Excerpted data Block Start

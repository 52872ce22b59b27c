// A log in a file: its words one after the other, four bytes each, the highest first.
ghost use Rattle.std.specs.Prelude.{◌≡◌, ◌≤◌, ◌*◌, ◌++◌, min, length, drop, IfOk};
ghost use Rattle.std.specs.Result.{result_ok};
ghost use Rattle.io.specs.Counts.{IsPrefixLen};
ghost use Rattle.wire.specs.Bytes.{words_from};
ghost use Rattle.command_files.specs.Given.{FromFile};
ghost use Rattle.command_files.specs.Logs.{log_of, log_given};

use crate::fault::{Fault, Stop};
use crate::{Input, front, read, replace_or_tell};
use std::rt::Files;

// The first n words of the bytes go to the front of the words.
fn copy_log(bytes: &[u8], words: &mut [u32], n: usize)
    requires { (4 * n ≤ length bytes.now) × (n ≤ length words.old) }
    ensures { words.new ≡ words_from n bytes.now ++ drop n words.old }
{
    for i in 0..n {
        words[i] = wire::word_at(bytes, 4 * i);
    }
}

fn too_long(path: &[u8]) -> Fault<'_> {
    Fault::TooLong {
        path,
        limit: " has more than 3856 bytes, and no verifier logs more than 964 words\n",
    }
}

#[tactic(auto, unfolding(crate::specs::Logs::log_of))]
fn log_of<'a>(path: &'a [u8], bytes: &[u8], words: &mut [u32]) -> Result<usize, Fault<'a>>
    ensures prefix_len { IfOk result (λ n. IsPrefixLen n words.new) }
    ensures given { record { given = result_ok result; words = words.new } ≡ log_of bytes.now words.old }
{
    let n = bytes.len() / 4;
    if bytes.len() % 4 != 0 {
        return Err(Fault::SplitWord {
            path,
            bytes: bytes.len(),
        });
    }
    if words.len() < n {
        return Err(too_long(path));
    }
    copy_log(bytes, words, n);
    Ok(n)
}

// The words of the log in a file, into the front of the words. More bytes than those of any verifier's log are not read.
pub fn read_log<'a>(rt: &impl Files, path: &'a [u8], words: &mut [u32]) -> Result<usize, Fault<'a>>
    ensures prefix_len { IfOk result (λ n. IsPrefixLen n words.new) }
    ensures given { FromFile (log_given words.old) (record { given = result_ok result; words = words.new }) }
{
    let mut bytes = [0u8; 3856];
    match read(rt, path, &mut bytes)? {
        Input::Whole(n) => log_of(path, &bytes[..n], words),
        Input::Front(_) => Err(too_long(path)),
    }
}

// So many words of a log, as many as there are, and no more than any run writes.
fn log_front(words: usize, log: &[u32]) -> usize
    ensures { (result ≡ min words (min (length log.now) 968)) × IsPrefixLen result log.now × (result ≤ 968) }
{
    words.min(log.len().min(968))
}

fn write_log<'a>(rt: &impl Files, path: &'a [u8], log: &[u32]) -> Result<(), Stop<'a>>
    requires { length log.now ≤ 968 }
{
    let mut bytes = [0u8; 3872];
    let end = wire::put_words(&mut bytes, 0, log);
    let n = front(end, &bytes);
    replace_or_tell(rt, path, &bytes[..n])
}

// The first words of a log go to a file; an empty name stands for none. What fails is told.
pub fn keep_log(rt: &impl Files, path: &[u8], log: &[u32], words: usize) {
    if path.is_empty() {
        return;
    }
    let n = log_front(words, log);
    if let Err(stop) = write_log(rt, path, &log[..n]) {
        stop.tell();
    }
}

Excerpted data Block End

▸ How to complete this task: In the entries above, which lines hold the string "crate"? Report all of them.

▸ Output below:
use crate::fault::{Fault, Stop};
use crate::{Input, front, read, replace_or_tell};
#[tactic(auto, unfolding(crate::specs::Logs::log_of))]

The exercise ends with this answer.